Ordinarily, the plan administrators use your cash to buy shares of the company. It can be on the open market or freshly issued from the business itself, on predetermined dates. The average cost of the purchases is weighed out.
Also, they can use some other methodology to equalize the cost among investors. And the direct stock purchase plan statement arrives quarterly. All with a listing of the number of shares you own and dividends you receive.
Some direct stock purchase plans trades without commission. Others charge small fees. Usually $1 or $2 plus a few cents per share, for each purchase. A larger fee, about $15 and a few cents more per share, for a sale. This is a lot lower than what you have to pay at a full-service broker.
Buy stock without a broker by taking advantage of the dividend reinvestment program
In this way, you can add additional shares to your holdings.
This means to enroll in a stock’s dividend reinvestment program or DRIP. DRIPs allow you to take cash dividends paid out by the company you own. And you may plow them back into buying more shares, charging either nominal fees or nothing at all. It depends upon the individual plan.

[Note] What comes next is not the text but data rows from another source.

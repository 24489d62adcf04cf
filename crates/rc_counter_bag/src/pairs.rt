//! What a bag does to its list of pairs.
ghost use Rattle.std.specs.Prelude.{◌≡◌, ◌==◌, ◌-◌, ◌^◌, ◌↔◌, ◌<◌, if◌then◌else◌, ℕ, false, Some, None, Ok, Err, IsTrue, OnOk, OnErr, IsErrOf};
ghost use Rattle.rc_counter_bag.specs.Bag.{IsBag, one_less, size, count, with_one_more, with_one_less, replayed};

use crate::update::{BagFault, BagUpdate};
use sorted_pairs::{ascend, place};
use std::alloc::AllocError;

// How often the item occurs.
pub(crate) fn count<T: Ord>(pairs: &[(T, u64)], item: &T) -> u64
    requires { IsBag T.cmp pairs.now }
    ensures { result ≡ count T.cmp item.now pairs.now }
{
    match place(pairs, item) {
        Ok(at) => pairs[at].1,
        Err(_) => 0,
    }
}

// Adds one occurrence. Memory is needed, and may be missing, only for an item that doesn't occur
// yet.
pub(crate) fn add<T: Ord + Drop>(pairs: &mut Vec<(T, u64)>, item: T) -> Result<(), AllocError>
    requires { IsBag T.cmp pairs.old.items }
    ensures added { OnOk result (pairs.new.items ≡ with_one_more T.cmp item pairs.old.items) }
    ensures bag { IsBag T.cmp pairs.new.items }
    ensures memory { OnErr result (count T.cmp item pairs.old.items ≡ 0) }
    ensures unchanged { OnErr result (pairs.new.items ≡ pairs.old.items) }
{
    match place(pairs, &item) {
        Ok(at) => {
            let pair = &mut pairs[at];
            pair.1 = pair.1.saturating_add(1);
            Ok(())
        }
        Err(at) => Ok(pairs.insert(at, (item, 1))?),
    }
}

// Takes one occurrence away. False, and nothing changes, where there is none.
pub(crate) fn remove<T: Ord + Drop>(pairs: &mut Vec<(T, u64)>, item: &T) -> bool
    requires { IsBag T.cmp pairs.old.items }
    ensures removed { IsTrue result
        → with_one_less T.cmp item.now pairs.old.items ≡ Some pairs.new.items }
    ensures bag { IsBag T.cmp pairs.new.items }
    ensures missing { result ≡ false → with_one_less T.cmp item.now pairs.old.items ≡ None }
    ensures unchanged { result ≡ false → pairs.new.items ≡ pairs.old.items }
{
    let Ok(at) = place(pairs, item) else {
        return false;
    };
    let last = pairs[at].1 == 1;
    if last {
        pairs.remove(at);
    } else {
        let pair = &mut pairs[at];
        pair.1 = one_less(pair.1);
    }
    true
}

// One occurrence less, unless the count stands at its end.
fn one_less(occurrences: u64) -> u64
    requires { 0 < occurrences }
    ensures { result ≡ one_less occurrences }
{
    if occurrences == u64::MAX {
        occurrences
    } else {
        occurrences - 1
    }
}

// Applies the updates in order, until one is refused.
pub(crate) fn replay<T: Ord + Clone + Drop>(
    pairs: &mut Vec<(T, u64)>,
    updates: &[BagUpdate<T>],
) -> Result<(), BagFault>
    requires bag { IsBag T.cmp pairs.old.items }
    requires clones { (x y : T) → T.is_clone x y → y ≡ x }
    ensures replayed { OnOk result
        (replayed T.cmp 0 updates.now pairs.old.items ≡ Ok pairs.new.items) }
    ensures bag { IsBag T.cmp pairs.new.items }
    ensures missing { (at : ℕ) → IsErrOf result (BagFault.Missing at)
        → replayed T.cmp 0 updates.now pairs.old.items ≡ Err at }
{
    for (at, update) in updates.iter().enumerate() {
        match update {
            BagUpdate::Add(item) => add(pairs, item.clone()?)?,
            BagUpdate::Remove(item) => {
                if !remove(pairs, item) {
                    return Err(BagFault::Missing(at as u64));
                }
            }
        }
    }
    Ok(())
}

// Whether the items ascend strictly and each occurs.
pub(crate) fn is_bag<T: Ord>(pairs: &[(T, u64)]) -> bool
    ensures { IsTrue result ↔ IsBag T.cmp pairs.now }
{
    ascend(pairs) && pairs.iter().all(|pair| pair.1 > 0)
}

// The sum of the occurrences, 2^64 - 1 at most.
pub(crate) fn size<T>(pairs: &[(T, u64)]) -> u64
    ensures { result ≡ size pairs.now }
{
    let mut sum = 0u64;
    for pair in pairs {
        sum = sum.saturating_add(pair.1);
    }
    sum
}

// The size of the pairs of which a removal took one, where it was this before. A size at its end
// doesn't tell how many there are, so it is summed up again.
pub(crate) fn size_after<T>(before: u64, pairs: &[(T, u64)]) -> u64
    ensures { result ≡ (if before == 2 ^ 64 - 1 then size pairs.now else before - 1) }
{
    if before == u64::MAX {
        size(pairs)
    } else {
        before.saturating_sub(1)
    }
}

Have this on your mind. For a typical stock, that’s a lot of transactions over 25 or 50 years on which you aren’t paying commissions. The typical stock may pay out a dividend four times per year. So, count!
DRIPs usually come with cash investment options that resemble direct stock purchase plans.
This opportunity means you can regularly have money withdrawn from your account, or send in one-time payments whenever you like.
A lot of long-term investors have become skilled at building wealth through these types of accounts. Buying stock without a broker for years, even decades is a very nice way.
You must be heard stories about some housekeeper who left behind $5 million opulence.
They did it just on the way we said above.
You can buy stock without a broker by obtaining a single share through a specialized gifting service
Unfortunately, the financial industry’s decision is to move away from paper stock certificates. And this has become a bit shaky.
But, up until recently, you could use companies that allowed you to buy a single share of stock to get your name on a corporate shareholder list.
Hundreds of companies offer these plans, but each has its own rules for eligibility.
It’s normal to be careful about investing in stocks. But NerdWallet estimates that the average millennial would lose about $3.3 million in retirement savings by avoiding investing completely. Direct stock plans are an easy way to learn the basic and establish a portfolio.
All without spending money, time and nerves on brokers.